**Activity:** Exactly how many lines in this material contain the string "choice"? Reply with the number alone.

**Materials provided:**
============================================================
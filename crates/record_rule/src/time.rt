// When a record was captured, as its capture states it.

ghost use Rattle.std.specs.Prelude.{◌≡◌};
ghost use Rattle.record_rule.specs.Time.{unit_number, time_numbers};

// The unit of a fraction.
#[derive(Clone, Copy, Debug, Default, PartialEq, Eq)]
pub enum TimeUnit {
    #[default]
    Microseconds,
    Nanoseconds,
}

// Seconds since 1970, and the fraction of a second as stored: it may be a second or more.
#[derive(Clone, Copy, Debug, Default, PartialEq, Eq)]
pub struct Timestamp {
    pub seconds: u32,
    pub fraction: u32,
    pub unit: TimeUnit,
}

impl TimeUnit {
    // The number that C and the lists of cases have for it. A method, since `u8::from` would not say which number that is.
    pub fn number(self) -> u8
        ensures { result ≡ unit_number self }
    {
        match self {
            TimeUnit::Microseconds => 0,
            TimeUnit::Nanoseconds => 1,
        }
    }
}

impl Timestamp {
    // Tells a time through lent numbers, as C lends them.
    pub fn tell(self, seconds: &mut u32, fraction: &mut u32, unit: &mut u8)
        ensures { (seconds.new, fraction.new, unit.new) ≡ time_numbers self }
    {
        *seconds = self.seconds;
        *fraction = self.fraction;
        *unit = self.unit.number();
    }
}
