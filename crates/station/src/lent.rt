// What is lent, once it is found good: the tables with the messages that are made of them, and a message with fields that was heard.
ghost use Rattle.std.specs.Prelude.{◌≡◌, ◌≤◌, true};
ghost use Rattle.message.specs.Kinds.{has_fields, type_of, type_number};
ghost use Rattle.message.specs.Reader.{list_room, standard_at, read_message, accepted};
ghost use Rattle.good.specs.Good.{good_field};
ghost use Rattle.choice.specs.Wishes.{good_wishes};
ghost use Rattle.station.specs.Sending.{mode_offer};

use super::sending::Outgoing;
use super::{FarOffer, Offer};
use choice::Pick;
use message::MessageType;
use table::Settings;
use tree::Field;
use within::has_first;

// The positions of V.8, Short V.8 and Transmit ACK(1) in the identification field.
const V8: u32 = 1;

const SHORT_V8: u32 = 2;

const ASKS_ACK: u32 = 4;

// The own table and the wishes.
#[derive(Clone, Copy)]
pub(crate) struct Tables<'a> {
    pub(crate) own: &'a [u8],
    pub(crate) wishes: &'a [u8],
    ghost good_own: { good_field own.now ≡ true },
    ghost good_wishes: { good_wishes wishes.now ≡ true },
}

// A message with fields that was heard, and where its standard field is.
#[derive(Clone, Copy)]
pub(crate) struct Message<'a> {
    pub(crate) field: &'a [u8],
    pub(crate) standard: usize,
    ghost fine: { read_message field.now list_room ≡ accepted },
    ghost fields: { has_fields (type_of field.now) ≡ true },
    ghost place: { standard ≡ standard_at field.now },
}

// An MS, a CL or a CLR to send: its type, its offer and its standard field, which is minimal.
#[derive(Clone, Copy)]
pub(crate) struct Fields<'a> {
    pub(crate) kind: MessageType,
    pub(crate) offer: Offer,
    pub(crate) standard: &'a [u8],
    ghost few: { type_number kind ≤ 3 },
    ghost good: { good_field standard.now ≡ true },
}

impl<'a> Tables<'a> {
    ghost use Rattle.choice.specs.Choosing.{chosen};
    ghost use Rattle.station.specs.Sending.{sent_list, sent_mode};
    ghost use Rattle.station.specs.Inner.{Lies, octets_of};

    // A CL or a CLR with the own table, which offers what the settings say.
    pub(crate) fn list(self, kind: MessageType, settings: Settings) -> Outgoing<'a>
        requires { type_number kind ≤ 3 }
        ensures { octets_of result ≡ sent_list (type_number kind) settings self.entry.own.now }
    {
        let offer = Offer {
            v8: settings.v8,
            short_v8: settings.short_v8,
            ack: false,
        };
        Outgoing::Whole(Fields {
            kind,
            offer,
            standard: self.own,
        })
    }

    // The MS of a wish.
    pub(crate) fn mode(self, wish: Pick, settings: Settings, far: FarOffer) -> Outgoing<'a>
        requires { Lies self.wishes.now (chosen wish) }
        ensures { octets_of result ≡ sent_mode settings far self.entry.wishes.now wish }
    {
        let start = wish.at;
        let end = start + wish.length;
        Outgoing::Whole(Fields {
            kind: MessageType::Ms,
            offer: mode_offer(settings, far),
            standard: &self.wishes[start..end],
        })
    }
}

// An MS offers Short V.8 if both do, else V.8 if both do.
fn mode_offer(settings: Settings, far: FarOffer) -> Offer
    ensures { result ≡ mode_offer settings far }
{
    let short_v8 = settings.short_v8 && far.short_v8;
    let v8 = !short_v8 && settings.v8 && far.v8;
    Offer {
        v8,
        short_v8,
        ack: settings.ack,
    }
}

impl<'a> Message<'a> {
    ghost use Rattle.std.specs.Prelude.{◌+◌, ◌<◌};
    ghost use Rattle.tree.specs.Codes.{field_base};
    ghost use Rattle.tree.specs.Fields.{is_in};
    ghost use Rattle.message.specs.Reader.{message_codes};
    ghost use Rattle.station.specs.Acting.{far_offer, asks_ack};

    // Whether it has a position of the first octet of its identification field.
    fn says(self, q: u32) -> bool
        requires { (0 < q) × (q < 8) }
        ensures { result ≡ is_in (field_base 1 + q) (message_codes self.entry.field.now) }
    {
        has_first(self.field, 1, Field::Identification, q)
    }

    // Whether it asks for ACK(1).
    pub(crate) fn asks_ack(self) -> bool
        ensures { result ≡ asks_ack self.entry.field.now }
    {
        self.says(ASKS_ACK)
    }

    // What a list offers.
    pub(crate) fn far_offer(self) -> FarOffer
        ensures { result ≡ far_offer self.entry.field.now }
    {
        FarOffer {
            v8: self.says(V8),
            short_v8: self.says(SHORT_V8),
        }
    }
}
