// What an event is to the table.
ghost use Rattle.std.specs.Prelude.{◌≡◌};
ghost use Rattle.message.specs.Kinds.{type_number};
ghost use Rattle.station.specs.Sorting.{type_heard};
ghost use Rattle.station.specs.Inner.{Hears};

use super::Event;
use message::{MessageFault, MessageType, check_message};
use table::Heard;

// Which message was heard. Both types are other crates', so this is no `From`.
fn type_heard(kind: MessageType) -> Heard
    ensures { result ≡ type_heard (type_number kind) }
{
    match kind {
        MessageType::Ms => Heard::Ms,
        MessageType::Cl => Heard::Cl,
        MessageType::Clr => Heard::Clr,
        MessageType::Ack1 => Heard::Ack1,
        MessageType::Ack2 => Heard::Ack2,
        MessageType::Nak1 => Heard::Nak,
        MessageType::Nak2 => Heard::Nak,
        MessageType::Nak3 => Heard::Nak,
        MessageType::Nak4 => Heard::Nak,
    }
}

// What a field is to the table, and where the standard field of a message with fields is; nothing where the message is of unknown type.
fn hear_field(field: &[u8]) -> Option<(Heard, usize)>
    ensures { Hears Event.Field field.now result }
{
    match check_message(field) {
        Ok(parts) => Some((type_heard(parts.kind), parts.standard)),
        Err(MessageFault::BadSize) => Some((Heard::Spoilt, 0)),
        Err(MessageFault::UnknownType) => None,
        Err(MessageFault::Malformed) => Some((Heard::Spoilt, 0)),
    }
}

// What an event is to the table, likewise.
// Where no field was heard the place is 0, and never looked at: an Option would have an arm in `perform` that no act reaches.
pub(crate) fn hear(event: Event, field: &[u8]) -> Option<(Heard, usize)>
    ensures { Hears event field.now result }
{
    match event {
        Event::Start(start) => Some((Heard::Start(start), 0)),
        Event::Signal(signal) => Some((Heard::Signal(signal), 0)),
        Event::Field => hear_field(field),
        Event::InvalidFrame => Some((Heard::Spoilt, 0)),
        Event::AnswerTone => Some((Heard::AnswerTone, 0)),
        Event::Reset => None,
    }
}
============================================================
**Reply:** 3